Records excerpted from a collection:
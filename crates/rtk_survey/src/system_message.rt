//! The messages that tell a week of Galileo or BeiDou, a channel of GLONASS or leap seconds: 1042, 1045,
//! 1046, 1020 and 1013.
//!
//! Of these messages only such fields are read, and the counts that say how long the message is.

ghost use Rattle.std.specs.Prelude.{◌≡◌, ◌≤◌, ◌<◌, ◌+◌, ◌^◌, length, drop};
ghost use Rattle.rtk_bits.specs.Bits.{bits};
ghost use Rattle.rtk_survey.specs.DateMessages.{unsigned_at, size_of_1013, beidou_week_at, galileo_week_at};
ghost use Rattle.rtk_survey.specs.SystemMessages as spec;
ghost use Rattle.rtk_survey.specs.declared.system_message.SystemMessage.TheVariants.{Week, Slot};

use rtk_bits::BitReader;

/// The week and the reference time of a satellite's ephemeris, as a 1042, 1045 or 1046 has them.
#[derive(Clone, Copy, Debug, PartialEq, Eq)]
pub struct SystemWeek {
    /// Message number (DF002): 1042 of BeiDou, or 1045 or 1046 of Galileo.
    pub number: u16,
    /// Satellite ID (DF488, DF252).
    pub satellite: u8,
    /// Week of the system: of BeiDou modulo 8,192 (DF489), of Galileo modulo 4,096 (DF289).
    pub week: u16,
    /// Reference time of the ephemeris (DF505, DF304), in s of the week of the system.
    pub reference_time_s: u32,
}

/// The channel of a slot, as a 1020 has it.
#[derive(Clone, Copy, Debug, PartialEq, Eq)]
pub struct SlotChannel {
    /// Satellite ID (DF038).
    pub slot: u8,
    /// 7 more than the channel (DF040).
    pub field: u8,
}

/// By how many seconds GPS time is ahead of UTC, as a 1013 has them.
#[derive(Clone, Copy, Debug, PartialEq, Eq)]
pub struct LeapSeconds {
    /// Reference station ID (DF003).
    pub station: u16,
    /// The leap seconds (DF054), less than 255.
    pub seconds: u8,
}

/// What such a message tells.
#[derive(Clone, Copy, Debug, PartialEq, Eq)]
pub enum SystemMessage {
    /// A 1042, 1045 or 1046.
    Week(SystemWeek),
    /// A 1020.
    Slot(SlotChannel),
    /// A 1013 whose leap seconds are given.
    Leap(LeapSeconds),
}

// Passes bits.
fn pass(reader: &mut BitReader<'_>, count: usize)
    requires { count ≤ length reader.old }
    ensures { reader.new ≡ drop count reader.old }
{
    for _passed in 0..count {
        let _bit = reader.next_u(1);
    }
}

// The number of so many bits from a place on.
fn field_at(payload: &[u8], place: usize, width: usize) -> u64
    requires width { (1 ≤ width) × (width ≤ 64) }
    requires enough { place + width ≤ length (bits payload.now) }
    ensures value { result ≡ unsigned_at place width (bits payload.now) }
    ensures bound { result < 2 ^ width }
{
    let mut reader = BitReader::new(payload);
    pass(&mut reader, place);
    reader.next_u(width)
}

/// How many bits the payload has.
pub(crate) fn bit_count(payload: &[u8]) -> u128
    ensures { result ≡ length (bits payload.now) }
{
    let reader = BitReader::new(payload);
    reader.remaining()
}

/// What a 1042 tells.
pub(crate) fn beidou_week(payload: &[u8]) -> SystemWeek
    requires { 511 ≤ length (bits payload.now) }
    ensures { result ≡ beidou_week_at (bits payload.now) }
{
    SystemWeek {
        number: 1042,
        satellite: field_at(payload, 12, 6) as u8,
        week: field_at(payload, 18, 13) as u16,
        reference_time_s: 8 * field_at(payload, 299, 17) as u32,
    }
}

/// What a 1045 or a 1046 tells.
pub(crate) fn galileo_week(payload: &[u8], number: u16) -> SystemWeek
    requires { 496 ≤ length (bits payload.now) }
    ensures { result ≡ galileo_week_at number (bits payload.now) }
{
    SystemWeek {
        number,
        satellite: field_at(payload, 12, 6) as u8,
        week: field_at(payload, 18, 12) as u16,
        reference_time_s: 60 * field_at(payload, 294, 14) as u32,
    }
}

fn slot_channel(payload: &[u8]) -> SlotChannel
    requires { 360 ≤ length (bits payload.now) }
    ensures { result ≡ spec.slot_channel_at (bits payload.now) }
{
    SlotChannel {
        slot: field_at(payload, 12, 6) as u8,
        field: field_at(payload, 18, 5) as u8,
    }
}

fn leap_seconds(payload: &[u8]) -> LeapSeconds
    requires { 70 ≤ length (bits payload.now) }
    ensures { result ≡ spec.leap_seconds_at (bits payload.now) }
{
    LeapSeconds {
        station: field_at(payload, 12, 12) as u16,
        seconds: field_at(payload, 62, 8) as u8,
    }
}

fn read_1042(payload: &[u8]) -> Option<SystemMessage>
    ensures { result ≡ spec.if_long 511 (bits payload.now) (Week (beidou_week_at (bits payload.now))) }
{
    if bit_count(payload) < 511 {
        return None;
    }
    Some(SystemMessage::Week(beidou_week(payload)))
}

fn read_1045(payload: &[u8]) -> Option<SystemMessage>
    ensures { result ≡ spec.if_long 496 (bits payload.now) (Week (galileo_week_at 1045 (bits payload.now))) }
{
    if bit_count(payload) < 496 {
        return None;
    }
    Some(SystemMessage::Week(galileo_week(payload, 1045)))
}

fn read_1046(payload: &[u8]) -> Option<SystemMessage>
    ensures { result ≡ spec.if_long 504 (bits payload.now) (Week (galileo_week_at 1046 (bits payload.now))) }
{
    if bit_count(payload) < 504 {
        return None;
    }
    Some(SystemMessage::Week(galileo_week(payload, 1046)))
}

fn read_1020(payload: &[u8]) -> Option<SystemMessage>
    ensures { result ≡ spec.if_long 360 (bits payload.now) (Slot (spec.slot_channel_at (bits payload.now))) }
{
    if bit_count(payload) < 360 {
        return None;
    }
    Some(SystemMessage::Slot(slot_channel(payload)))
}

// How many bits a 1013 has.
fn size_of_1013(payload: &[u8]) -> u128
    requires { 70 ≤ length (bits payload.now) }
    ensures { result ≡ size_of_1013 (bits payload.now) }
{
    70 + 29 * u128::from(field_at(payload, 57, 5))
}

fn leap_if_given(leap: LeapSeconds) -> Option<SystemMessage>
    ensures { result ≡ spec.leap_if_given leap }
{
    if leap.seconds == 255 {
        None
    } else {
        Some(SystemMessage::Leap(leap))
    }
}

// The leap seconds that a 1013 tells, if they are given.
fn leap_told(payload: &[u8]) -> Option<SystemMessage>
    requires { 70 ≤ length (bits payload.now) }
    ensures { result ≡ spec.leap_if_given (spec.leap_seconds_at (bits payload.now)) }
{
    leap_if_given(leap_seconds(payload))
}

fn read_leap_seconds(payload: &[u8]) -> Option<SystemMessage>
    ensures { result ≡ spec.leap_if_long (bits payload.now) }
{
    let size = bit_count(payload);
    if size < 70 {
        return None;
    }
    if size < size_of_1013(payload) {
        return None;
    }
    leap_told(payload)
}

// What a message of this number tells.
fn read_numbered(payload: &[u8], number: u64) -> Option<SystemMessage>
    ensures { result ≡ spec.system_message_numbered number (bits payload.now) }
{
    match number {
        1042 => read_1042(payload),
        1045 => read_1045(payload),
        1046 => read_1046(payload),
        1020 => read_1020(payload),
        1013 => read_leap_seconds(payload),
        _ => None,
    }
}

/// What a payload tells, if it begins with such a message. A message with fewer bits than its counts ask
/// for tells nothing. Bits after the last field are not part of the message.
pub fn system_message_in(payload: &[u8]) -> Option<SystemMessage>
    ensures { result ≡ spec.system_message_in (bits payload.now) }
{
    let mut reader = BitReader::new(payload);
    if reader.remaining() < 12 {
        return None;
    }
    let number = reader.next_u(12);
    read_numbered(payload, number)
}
--
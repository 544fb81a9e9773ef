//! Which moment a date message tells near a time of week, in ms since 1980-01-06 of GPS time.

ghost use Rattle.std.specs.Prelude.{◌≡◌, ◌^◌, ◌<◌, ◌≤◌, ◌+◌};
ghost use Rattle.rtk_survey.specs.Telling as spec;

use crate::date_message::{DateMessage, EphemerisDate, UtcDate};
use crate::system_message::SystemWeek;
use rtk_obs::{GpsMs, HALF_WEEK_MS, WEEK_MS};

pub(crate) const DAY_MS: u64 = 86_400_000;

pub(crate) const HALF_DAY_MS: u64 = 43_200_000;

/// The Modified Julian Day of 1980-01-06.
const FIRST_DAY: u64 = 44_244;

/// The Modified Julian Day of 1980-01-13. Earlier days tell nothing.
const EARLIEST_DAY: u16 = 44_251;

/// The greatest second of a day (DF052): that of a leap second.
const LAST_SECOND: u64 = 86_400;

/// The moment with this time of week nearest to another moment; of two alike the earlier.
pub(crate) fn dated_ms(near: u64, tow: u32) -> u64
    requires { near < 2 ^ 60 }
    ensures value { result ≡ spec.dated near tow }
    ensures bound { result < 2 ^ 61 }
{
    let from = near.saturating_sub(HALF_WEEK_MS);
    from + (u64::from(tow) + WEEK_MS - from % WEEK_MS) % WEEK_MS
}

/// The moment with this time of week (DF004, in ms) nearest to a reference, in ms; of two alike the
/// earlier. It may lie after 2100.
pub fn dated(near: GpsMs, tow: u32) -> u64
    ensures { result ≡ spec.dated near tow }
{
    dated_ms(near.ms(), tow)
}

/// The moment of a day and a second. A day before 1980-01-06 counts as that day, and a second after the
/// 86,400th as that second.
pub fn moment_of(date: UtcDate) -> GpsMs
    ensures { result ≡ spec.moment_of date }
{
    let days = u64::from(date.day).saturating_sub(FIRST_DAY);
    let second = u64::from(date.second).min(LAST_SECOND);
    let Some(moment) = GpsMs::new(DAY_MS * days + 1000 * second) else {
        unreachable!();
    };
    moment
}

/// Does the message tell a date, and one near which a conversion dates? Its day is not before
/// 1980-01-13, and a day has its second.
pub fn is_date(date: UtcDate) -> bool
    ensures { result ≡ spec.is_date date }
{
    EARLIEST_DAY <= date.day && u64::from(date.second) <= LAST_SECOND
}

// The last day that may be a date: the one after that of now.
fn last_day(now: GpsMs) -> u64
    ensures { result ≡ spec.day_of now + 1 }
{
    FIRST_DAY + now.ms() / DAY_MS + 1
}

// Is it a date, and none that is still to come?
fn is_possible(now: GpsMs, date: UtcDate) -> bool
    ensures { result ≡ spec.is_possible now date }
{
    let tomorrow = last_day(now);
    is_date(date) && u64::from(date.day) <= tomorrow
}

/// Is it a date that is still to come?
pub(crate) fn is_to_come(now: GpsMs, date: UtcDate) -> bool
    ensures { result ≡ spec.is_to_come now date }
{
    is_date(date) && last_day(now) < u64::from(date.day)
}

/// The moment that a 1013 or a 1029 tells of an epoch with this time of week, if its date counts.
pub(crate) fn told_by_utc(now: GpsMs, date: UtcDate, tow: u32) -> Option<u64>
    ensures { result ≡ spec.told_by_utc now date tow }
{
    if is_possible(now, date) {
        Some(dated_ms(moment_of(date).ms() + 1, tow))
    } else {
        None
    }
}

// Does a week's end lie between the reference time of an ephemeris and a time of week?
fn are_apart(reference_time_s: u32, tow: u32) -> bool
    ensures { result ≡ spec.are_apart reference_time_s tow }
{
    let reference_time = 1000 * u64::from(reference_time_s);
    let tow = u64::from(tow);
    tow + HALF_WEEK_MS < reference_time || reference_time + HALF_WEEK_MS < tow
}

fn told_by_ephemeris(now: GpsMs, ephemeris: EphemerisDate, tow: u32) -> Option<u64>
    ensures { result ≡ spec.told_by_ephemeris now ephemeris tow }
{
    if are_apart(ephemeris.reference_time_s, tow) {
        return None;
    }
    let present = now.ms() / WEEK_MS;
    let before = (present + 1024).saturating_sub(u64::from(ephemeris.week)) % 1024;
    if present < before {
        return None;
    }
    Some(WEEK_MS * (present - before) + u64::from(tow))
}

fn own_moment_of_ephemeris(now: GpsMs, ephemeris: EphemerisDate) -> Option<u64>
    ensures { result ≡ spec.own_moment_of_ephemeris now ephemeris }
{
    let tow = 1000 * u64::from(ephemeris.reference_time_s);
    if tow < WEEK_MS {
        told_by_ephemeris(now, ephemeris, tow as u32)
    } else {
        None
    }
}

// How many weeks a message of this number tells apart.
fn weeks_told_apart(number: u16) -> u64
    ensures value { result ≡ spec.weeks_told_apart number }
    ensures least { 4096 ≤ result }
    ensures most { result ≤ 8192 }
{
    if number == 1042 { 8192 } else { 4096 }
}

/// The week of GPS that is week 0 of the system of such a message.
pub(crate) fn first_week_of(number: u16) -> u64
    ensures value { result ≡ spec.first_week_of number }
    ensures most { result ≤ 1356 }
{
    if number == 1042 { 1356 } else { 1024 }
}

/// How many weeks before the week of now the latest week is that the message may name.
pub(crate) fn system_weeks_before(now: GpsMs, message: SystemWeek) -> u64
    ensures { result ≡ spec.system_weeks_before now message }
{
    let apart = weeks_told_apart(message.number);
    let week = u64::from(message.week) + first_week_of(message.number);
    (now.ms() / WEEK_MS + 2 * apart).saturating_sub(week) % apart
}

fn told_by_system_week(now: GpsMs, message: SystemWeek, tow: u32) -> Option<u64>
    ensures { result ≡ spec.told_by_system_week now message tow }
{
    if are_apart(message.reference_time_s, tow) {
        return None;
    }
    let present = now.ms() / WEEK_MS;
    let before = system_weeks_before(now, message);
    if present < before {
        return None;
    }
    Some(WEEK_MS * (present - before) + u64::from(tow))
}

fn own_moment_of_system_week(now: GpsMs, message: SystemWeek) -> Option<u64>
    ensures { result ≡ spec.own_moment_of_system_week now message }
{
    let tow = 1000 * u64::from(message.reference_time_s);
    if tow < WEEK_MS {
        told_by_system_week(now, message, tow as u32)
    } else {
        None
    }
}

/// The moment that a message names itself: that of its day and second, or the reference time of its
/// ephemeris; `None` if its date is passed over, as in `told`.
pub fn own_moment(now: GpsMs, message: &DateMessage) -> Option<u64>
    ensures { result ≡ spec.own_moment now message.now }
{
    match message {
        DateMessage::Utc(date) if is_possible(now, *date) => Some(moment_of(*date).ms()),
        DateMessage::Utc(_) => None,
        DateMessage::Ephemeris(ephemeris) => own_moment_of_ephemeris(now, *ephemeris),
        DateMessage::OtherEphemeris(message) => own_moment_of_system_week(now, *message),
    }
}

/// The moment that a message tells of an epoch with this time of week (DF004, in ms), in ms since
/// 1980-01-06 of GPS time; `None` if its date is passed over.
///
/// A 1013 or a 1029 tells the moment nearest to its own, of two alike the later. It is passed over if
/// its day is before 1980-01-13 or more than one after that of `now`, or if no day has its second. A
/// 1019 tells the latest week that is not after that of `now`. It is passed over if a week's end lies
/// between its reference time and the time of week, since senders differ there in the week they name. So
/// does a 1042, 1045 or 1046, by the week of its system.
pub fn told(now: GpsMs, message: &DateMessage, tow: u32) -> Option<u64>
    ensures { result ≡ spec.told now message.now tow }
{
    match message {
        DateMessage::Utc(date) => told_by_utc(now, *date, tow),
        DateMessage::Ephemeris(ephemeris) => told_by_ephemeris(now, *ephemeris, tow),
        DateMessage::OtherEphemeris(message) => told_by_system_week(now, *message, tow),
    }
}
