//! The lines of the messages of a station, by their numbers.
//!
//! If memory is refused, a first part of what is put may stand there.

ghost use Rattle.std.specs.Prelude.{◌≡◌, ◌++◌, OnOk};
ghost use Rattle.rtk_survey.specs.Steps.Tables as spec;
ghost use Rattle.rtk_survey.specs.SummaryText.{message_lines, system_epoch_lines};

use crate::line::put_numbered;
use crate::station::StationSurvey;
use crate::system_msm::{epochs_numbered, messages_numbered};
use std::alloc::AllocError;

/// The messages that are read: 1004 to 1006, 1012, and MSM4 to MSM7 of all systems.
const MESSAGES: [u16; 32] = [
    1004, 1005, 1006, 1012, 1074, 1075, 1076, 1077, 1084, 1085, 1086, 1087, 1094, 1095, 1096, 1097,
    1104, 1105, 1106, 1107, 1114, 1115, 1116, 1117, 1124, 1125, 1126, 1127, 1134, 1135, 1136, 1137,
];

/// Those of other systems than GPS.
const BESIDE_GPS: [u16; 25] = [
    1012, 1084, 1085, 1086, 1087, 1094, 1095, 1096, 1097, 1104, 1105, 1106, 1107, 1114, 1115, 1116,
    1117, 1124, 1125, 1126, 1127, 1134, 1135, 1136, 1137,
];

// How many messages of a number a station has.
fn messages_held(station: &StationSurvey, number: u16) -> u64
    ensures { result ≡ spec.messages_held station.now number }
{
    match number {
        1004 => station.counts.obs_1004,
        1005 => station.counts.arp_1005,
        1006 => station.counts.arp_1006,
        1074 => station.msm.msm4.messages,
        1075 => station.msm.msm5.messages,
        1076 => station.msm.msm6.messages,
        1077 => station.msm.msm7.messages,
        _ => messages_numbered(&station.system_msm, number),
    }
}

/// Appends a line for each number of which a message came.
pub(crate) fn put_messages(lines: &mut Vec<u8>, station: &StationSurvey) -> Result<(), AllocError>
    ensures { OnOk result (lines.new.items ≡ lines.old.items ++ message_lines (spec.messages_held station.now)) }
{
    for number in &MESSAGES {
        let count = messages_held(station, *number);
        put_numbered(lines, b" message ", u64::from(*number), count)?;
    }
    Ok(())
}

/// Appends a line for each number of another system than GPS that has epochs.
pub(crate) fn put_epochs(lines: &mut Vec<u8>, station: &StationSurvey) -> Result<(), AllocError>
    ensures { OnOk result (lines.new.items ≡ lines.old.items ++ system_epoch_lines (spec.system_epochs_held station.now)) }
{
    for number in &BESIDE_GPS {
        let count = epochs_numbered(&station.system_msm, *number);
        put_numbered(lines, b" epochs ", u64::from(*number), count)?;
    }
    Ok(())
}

- [PROBLEM DESCRIPTION] Look above for the line that contains "filename crates/rtk_survey/src/system_message.rt". Starting there, transcribe every line exactly until you have copied the line that contains "the message is.".

- [EXPECTED ANSWER]
filename crates/rtk_survey/src/system_message.rt
//! The messages that tell a week of Galileo or BeiDou, a channel of GLONASS or leap seconds: 1042, 1045,
//! 1046, 1020 and 1013.
//!
//! Of these messages only such fields are read, and the counts that say how long the message is.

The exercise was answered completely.